Quit wasting time listening to the "experts" and find out yourself with this book
Couple of great points-- We don't read pages. We scan them. Sad but true...(sad for those who labor hours over graphics and sadder for those bustin' their nut to write web friendly and readable copy)
The exception as Krug points out are news stories, reports, or product descriptions. "But even then, if the document is longer than a few paragraphs, we're likely to print it out because it's easier and faster to read on paper than on a screen." I found that out when my magazine -AboutBizz Magazine decided to put our print magazine online. We spent months redesigning www.AboutBizz.com (I wish I would've found Steve's book two years ago when we started the redesigns -- it would've saved us hours and hours of waste!) We find that our printer friendly pages are always the most accessed pages.
He states that we scan because we're usually in a hurry and we're really only interested in a fraction of what's on the webpage. We only look for what matches our interests and the rest of it is ignored. He does a great job of proving this by showing HOW the eye scans your webpage --(If you don't have your logo in the top right corner after reading this then you must pass go and cannot collect your $200.)
Krug has another "Fact of Life" where he states We don't figure out how things work. We muddle through it. I wholeheartedly agree. I for years have referred to this as the "scrunch factor". We've all done it...it's when you see or read something, and if you don't quit "get it" or understand what they message conveyed is or can't connect the dots in your minds eye, then you scrunch -- your forehead wrinkles, eyebrows drop, eye's look critical -if you're married then you've possibly seen this look from your spouse ;)
Of the most value is where Steve describes how you can run your own cheap and inexpensive focus study group using a few people, a number of choice questions, and a simple camcorder. After reading this, you will walk away realizing that ANYONE can do their own research and have real answers to how people their website.
It reminded me of a passage out of the classic book, TESTED ADVERTISING METHODS by John Caples. Early on in the book Caples talks about how in years to come who more advertisers will use more scientific methods to get better results with their ads. He talks about how every person had an opinion on what works...long copy, short copy, headlines, no headlines, sketches, etc.. Let me quote the book,
"Not long after that I began to work on mail order advertising. Each advertisement was tested. Results were tabulated. Each advertisement and each publication had to prove itself in actual sales. I know now that much of the talk (of other people) I heard was just talk. Too often, the ad men were stating opinions, not facts. And in many cases, the opinions were not even the boiled-down opinions of a large group of people. They were personal opinions. If the real foundation of those opinions could be discovered by psychoanalysis, it would be laughable in many cases. An artist might favor blue backgrounds in advertisements because blue was his mothers favorite color. A copywriter might recommend short copy because his wife once said, 'I would never read all that small print, and I don't think anybody else would, either.'..."
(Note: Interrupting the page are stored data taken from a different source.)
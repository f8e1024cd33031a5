//! Where files to be read come from.

ghost use Rattle.std.specs.Prelude.{◌≡◌, ◌⊎◌, List, ℕ, IfErr, IfOk};
ghost use Rattle.std.specs.IoError.{error_kind};

use cs_feed::PieceInput;
use std::io;
use std::io::ErrorKind;

/// Opens files to be read.
pub trait InputFiles {
    /// What reads a file.
    type Input: PieceInput + Drop;

    // It gave this reader of the file at a path.
    ghost opened: { Self → List ℕ → Self.Input → Type 0 };

    // It gave none of the file at a path.
    ghost unopened: { Self → List ℕ → Type 0 };

    /// The reader of the file at a path.
    fn open_input(&mut self, path: &str) -> io::Result<Self::Input>
        ensures opened { IfOk result (λ input. opened self.new path.now input) }
        ensures kept { (path : List ℕ) (input : Self.Input) → opened self.old path input → opened self.new path input }
        ensures unopened { IfErr result (λ error.
            (error_kind error ≡ ErrorKind.OutOfMemory) ⊎ unopened self.new path.now) };
}
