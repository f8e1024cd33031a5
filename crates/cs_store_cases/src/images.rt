//! All that a store shows, as text.

use crate::commits::{BUT_LAST, LAST};
use cs_store::{MetaName, RowStore, StoreFault, StoredBody, StoredEntry};
use std::alloc::{AllocError, Global};

/// Writes a body that is listed, if a call for its key found the same.
fn put_body(
    image: &mut Vec<u8>,
    listed: &StoredBody,
    found: Option<Vec<u8>>,
) -> Result<(), AllocError> {
    image.extend_from_slice(listed.key.as_slice())?;
    image.push(b'=')?;
    if let Some(body) = found {
        if body.as_slice() == listed.body.as_slice() {
            image.extend_from_slice(body.as_slice())?;
        }
    }
    image.push(b';')?;
    Ok(())
}

fn put_row<S: RowStore>(
    image: &mut Vec<u8>,
    store: &mut S,
    table: u32,
    listed: &StoredBody,
) -> Result<(), StoreFault> {
    let found = store.get(table, listed.key.as_slice())?;
    Ok(put_body(image, listed, found)?)
}

/// The rows of a table, each also got by its key.
fn put_table<S: RowStore>(
    image: &mut Vec<u8>,
    store: &mut S,
    table: u32,
) -> Result<(), StoreFault> {
    for listed in &store.list(table)? {
        put_row(image, store, table, listed)?;
    }
    image.push(b'|')?;
    Ok(())
}

fn put_change<S: RowStore>(
    image: &mut Vec<u8>,
    store: &mut S,
    table: u32,
    listed: &StoredBody,
) -> Result<(), StoreFault> {
    let found = store.pend_get(table, listed.key.as_slice())?;
    Ok(put_body(image, listed, found)?)
}

/// The pending changes of a table, each also got by its key.
fn put_pending<S: RowStore>(
    image: &mut Vec<u8>,
    store: &mut S,
    table: u32,
) -> Result<(), StoreFault> {
    for listed in &store.pend_list(table)? {
        put_change(image, store, table, listed)?;
    }
    image.push(b'|')?;
    Ok(())
}

fn put_entry(image: &mut Vec<u8>, alloc: Global, entry: &StoredEntry) -> Result<(), AllocError> {
    let StoredEntry { origin, number, .. } = entry;
    image.extend_from_slice(format!(in alloc; "{origin}.{number}=")?.as_bytes())?;
    image.extend_from_slice(entry.body.as_slice())?;
    image.push(b';')?;
    Ok(())
}

/// The tables that are looked at.
const TABLES: [u32; 5] = [0, 1, 7, BUT_LAST, LAST];

/// The names of values.
const NAMES: [MetaName; 6] = [
    MetaName::Id,
    MetaName::Version,
    MetaName::Number,
    MetaName::Flight,
    MetaName::Pending,
    MetaName::Catalog,
];

/// The rows and the pending changes of all tables.
fn put_tables<S: RowStore>(image: &mut Vec<u8>, store: &mut S) -> Result<(), StoreFault> {
    for table in TABLES {
        put_table(image, store, table)?;
    }
    for table in TABLES {
        put_pending(image, store, table)?;
    }
    Ok(())
}

/// The values.
fn put_meta<S: RowStore>(image: &mut Vec<u8>, store: &mut S) -> Result<(), StoreFault> {
    for name in NAMES {
        match store.meta(name)? {
            Some(value) => image.extend_from_slice(value.as_slice())?,
            None => image.push(b'.')?,
        }
        image.push(b'|')?;
    }
    Ok(())
}

/// Whether the entry was found.
fn is_found(found: &Option<StoredEntry>, entry: &StoredEntry) -> bool {
    match found {
        Some(found) => {
            found.origin == entry.origin
                && found.number == entry.number
                && found.body.as_slice() == entry.body.as_slice()
        }
        None => false,
    }
}

/// A listed entry, and a mark where it isn't got by its version.
fn put_listed<S: RowStore>(
    image: &mut Vec<u8>,
    alloc: Global,
    store: &mut S,
    version: u32,
    entry: &StoredEntry,
) -> Result<(), StoreFault> {
    put_entry(image, alloc, entry)?;
    let found = store.log_get(version)?;
    if !is_found(&found, entry) {
        image.push(b'!')?;
    }
    Ok(())
}

/// The entries of the log, and a mark where there are more or fewer than are counted, or one is missing.
fn put_log<S: RowStore>(
    image: &mut Vec<u8>,
    alloc: Global,
    store: &mut S,
) -> Result<(), StoreFault> {
    let count = store.log_len()?;
    let listed = store.log_list(0, count.saturating_add(1))?;
    for version in 0..count {
        if let Some(entry) = listed.get(version as usize) {
            put_listed(image, alloc, store, version, entry)?;
        }
    }
    if listed.len() != count as usize || !store.log_is_whole()? {
        image.push(b'!')?;
    }
    image.push(b'|')?;
    Ok(())
}

fn put_image<S: RowStore>(
    image: &mut Vec<u8>,
    alloc: Global,
    store: &mut S,
) -> Result<(), StoreFault> {
    put_tables(image, store)?;
    put_meta(image, store)?;
    put_log(image, alloc, store)
}

/// All that a store shows, as text: the rows of five tables, their pending changes, the values, and the entries.
pub fn image<S: RowStore>(alloc: Global, store: &mut S) -> Result<Vec<u8>, StoreFault> {
    let mut image = Vec::new(alloc);
    put_image(&mut image, alloc, store)?;
    Ok(image)
}

/// The same of a store that is then let go; none where it can't be read.
// A store in SQLite is dear to let go in a proof, and any store is cheap.
pub fn image_of<S: RowStore + Drop>(alloc: Global, store: S) -> Option<Vec<u8>> {
    let mut store = store;
    image(alloc, &mut store).ok()
}

/// Whether the store shows this.
pub fn shows<S: RowStore>(alloc: Global, store: &mut S, shown: &[u8]) -> Result<bool, StoreFault> {
    Ok(image(alloc, store)?.as_slice() == shown)
}
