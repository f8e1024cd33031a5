//! Batches that are made of parts.

use cs_store::edits::{LentEdits, PlaceEdit, PlaceEdits};
use cs_store::{Batch, MetaEdit, MetaName, RowStore, StoreFault, StoredEntry};
use std::alloc::{AllocError, Global};

/// A table's number, a key, and the body that is set there, or none.
pub type Edit<'a> = (u32, &'a [u8], Option<&'a [u8]>);

/// A name, and the value that is set there, or none.
pub type Named<'a> = (MetaName, Option<&'a [u8]>);

/// An entry's origin, its number, and its body.
pub type Entry<'a> = (u32, u64, &'a [u8]);

/// What a batch writes: edits of rows, of pending changes and of values, and an entry or none.
pub type Spelled<'a> = (
    &'a [Edit<'a>],
    &'a [Edit<'a>],
    &'a [Named<'a>],
    Option<Entry<'a>>,
);

fn optional(alloc: Global, bytes: Option<&[u8]>) -> Result<Option<Vec<u8>>, AllocError> {
    match bytes {
        Some(bytes) => Ok(Some(Vec::from_slice(alloc, bytes)?)),
        None => Ok(None),
    }
}

/// Puts edits of rows or of pending changes behind those that are there.
pub fn put_edits(edits: &[Edit<'_>], made: &mut PlaceEdits) -> Result<(), AllocError> {
    for edit in edits {
        made.push(&PlaceEdit::new(edit.0, edit.1, edit.2))?;
    }
    Ok(())
}

fn is_edit(edit: &PlaceEdit<'_>, spelled: &Edit<'_>) -> bool {
    edit.table() == spelled.0 && edit.key() == spelled.1 && edit.body() == spelled.2
}

/// Whether these are the edits that are lent.
pub fn are_edits(lent: &LentEdits<'_>, spelled: &[Edit<'_>]) -> bool {
    if lent.len() != spelled.len() {
        return false;
    }
    for at in 0..spelled.len() {
        if !is_edit(&lent.get(at), &spelled[at]) {
            return false;
        }
    }
    true
}

/// Puts edits of values behind those that are there.
pub fn put_named(
    alloc: Global,
    named: &[Named<'_>],
    made: &mut Vec<MetaEdit>,
) -> Result<(), AllocError> {
    for edit in named {
        made.push(MetaEdit {
            name: edit.0,
            value: optional(alloc, edit.1)?,
        })?;
    }
    Ok(())
}

/// The entry of these parts, if there are some.
pub fn entry_of(
    alloc: Global,
    entry: Option<Entry<'_>>,
) -> Result<Option<StoredEntry>, AllocError> {
    let Some((origin, number, body)) = entry else {
        return Ok(None);
    };
    Ok(Some(StoredEntry {
        origin,
        number,
        body: Vec::from_slice(alloc, body)?,
    }))
}

/// A batch that writes nothing.
pub fn nothing(alloc: Global) -> Batch {
    Batch {
        rows: PlaceEdits::new(alloc),
        pending: PlaceEdits::new(alloc),
        meta: Vec::new(alloc),
        log: None,
    }
}

fn put_batch(alloc: Global, spelled: &Spelled<'_>, made: &mut Batch) -> Result<(), AllocError> {
    put_edits(spelled.0, &mut made.rows)?;
    put_edits(spelled.1, &mut made.pending)?;
    put_named(alloc, spelled.2, &mut made.meta)?;
    made.log = entry_of(alloc, spelled.3)?;
    Ok(())
}

/// The batch of these parts.
pub fn batch(alloc: Global, spelled: &Spelled<'_>) -> Result<Batch, AllocError> {
    let mut made = nothing(alloc);
    put_batch(alloc, spelled, &mut made)?;
    Ok(made)
}

/// Commits the batch of these parts.
pub fn commit_of<S: RowStore>(
    alloc: Global,
    store: &mut S,
    spelled: &Spelled<'_>,
) -> Result<(), StoreFault> {
    let batch = batch(alloc, spelled)?;
    store.commit(&batch)
}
If you are in the midst of designing your website, or trying to get someone to pay attention to it, you will find plenty of "experts" telling you what works. Remember what Caples says, keep my words in mind, do yourself a large favor, go out and buy "Don't Make Me Think! A Common Sense Approach to Web Usability" by Steve Krug and find out YOURSELF what works. It's a no-brainer.
Pros: You'll never find in another book this great inexpensive method to do focus study researchCons: Wish he would have given examples how the eye scans applies to HTML email
The Bottom Line: Use the information found on creating your own focus study -- & you may change the way your site looks...Why? Because the USER will tell you what really is working.